Davacı, davalı bankadan taşıt kredisi aldığını, bankanın ödenmeyen kredi taksidi nedeniyle kalan taksitlerinde muaccel olduğu gerekçesiyle hakkında icra takibi başlatarak aracına haciz koyduğunu, bu haciz gereğince aracının 24/07/2006 tarihinde trafik ekiplerince trafikten men edilerek otoparka çekildiğini, halen teslim edilmediğini, Suluova Asliye Hukuk Mahkemesinde takibe konu borcun muaccel olmadığının tespiti davası açtığını ve borcun muaccel olmadığının tespitine karar verildiğini, takibin ve haczin haksız olduğunu, aracının kullanamadığını, icra baskısı altında kaldığını belirterek maddi ve manevi tazminata karar verilmesini istemiştir.
Davalı, takibin kötü niyetli olmadığını, davacının takibe itirazı nedeniyle icra mahkemesinde açılan itirazın kesin kaldırılması davasında davacının itirazının kaldırılmasına ve icra inkar tazminatına karar verildiğini, kaldı ki alacağın muaccel olmadığına dair karardan sonra aracını talep edebilecekken etmediğini, zarara davacının sebep olduğunu belirterek, davanın reddini savunmuştur.

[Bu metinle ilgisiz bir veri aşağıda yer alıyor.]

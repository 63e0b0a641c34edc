// Whether marks are equal. Sets with the same members are, since they ascend.
ghost use Rattle.std.specs.Prelude.{◌≡◌, ◌↔◌, IsTrue, slice_get};
ghost use Rattle.std.specs.List.{AllZip};
ghost use Rattle.mtn_check_pieces.specs.Same.{HaveSame, BothHaveSame, IsLikeAttr, IsLike, AreLikeAt, AreLike};

use mtn_ancestry::PosSet;
use mtn_base::NodeName;
use mtn_marking::{AttrMarks, MarkMap, NodeMarks};

pub fn is_same_name(first: &NodeName, second: &NodeName) -> bool
    ensures { IsTrue result ↔ (first.now ≡ second.now) }
{
    first.same(second)
}

fn are_same_sets(first: &PosSet, second: &PosSet) -> bool
    ensures equal { IsTrue result → first.now ≡ second.now }
    ensures alike { HaveSame first.now second.now → IsTrue result }
{
    first.as_slice() == second.as_slice()
}

fn are_same_contents(first: &Option<PosSet>, second: &Option<PosSet>) -> bool
    ensures equal { IsTrue result → first.now ≡ second.now }
    ensures alike { BothHaveSame first.now second.now → IsTrue result }
{
    match first {
        None => second.is_none(),
        Some(marks) => match second {
            None => false,
            Some(others) => are_same_sets(marks, others),
        },
    }
}

fn is_same_attr(first: &AttrMarks, second: &AttrMarks) -> bool
    ensures equal { IsTrue result → first.now ≡ second.now }
    ensures alike { IsLikeAttr first.now second.now → IsTrue result }
{
    if first.key.as_slice() != second.key.as_slice() {
        return false;
    }
    are_same_sets(&first.marks, &second.marks)
}

fn are_same_attrs(first: &[AttrMarks], second: &[AttrMarks]) -> bool
    ensures equal { IsTrue result → first.now ≡ second.now }
    ensures alike { AllZip IsLikeAttr first.now second.now → IsTrue result }
{
    if first.len() != second.len() {
        return false;
    }
    for (place, attr) in first.iter().enumerate() {
        if !is_same_attr(attr, &second[place]) {
            return false;
        }
    }
    true
}

// Whether two nodes have one name and one birth.
fn are_same_births(first: &NodeMarks, second: &NodeMarks) -> bool
    ensures equal { IsTrue result → (first.now.name ≡ second.now.name) × (first.now.marking.birth ≡ second.now.marking.birth) }
    ensures alike { IsLike first.now second.now → IsTrue result }
{
    if !is_same_name(&first.name, &second.name) {
        return false;
    }
    first.marking.birth.0 == second.marking.birth.0
}

fn is_same_node(first: &NodeMarks, second: &NodeMarks) -> bool
    ensures equal { IsTrue result → first.now ≡ second.now }
    ensures alike { IsLike first.now second.now → IsTrue result }
{
    if !are_same_births(first, second) {
        return false;
    }
    if !are_same_sets(&first.marking.slot, &second.marking.slot) {
        return false;
    }
    if !are_same_contents(&first.marking.content, &second.marking.content) {
        return false;
    }
    are_same_attrs(
        first.marking.attrs.as_slice(),
        second.marking.attrs.as_slice(),
    )
}

// Whether both have the same marking at a place, or both have none there.
fn are_same_at(first: &MarkMap, second: &MarkMap, place: usize) -> bool
    ensures equal { IsTrue result → slice_get first.now place ≡ slice_get second.now place }
    ensures alike { AreLikeAt (slice_get first.now place) (slice_get second.now place) → IsTrue result }
{
    match first.at_place(place) {
        None => second.at_place(place).is_none(),
        Some(node) => match second.at_place(place) {
            None => false,
            Some(other) => is_same_node(node, other),
        },
    }
}

/// Whether the marks are equal. It looks at each mark once, and takes no memory.
pub fn are_same_marks(first: &MarkMap, second: &MarkMap) -> bool
    ensures equal { IsTrue result → first.now ≡ second.now }
    ensures alike { AreLike first.now second.now → IsTrue result }
{
    let count = first.len();
    if count != second.len() {
        return false;
    }
    for place in 0..count as usize {
        if !are_same_at(first, second, place) {
            return false;
        }
    }
    true
}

Mahkemece, icra takibine konu işlemler ile davacının manevi zararı arasında illiyet bağı olmadığından manevi tazminat isteminin reddine, ancak takibin muaccel olmayan alacak için yapılması ve bu nedenle davacının aracının trafikten men edilmesi ve halen de teslim olmaması nedeniyle bu süre içinde davacının aracını kullanamaması nedeniyle araç kiralama ücreti kadar maddi zararı olduğu kabul edilerek maddi tazminat isteminin kabulüne karar verilmiştir.

Dosya içeriğinden; mahkemece araba kiralama ücreti bilirkişiye hesaplattırılarak davacının maddi zararı olarak bu miktar hüküm altına alınmıştır. Ancak, davacı da aracını kullanmadığı dönemde benzin harcamamış, kullanma nedeniyle oluşabilecek eksiklikler için bakım masrafı vb. giderlerden kurtulmuştur. Mahkemece davacının aracını kullansa idi ne gibi masraflar yapılacaktı bunlar araştırılarak ödenecek tazminattan bunların düşülmesi gerekirken, bu husus nazara alınmadan karar verilmesi doğru değildir.

2-Yine; taraflar arasında taşıt kredi sözleşmesi olduğu, sözleşmenin 14. maddesinde “taksitlerden biri ödenmezse diğer taksitlerinde muaccel olacağına” dair hüküm bulunduğu sabittir. Takip de bu madde esas alınarak başlatılmıştır. Sonradan açılan dava ile sözleşmenin bu maddesinin haksız şart olduğu kabul edilerek iptal edilmiş ve alacağın muaccel olmadığını karar verilmiştir. Sözleşme düzenlenirken başlangıçta davacı bu şartı da imzaladığına göre, icra takibinde davacının da müterafık kusurunun varlığının kabul edilmesi gerekir. Bu nedenle dava ve takip tarihinde yürürlükte bulunan 818 sayılı Borçlar Kanunun 43 ve 44 maddeleri gereğince uygun bir hakkaniyet indiriminin düşünülmemesi de doğru değildir. Kararın bu nedenlerle bozulması gerekmiştir.

SONUÇ: Temyiz olunan kararın yukarıda (1) ve (2) no'lu bentlerde açıklanan nedenlerle davalı yararına BOZULMASINA; bozma nedenine göre davacının tüm, davalının diğer temyiz itirazlarının şimdilik incelenmesine yer olmadığına ve davalıdan peşin alınan harcın istek halinde geri verilmesine 03/02/2015 gününde oybirliğiyle karar verildi.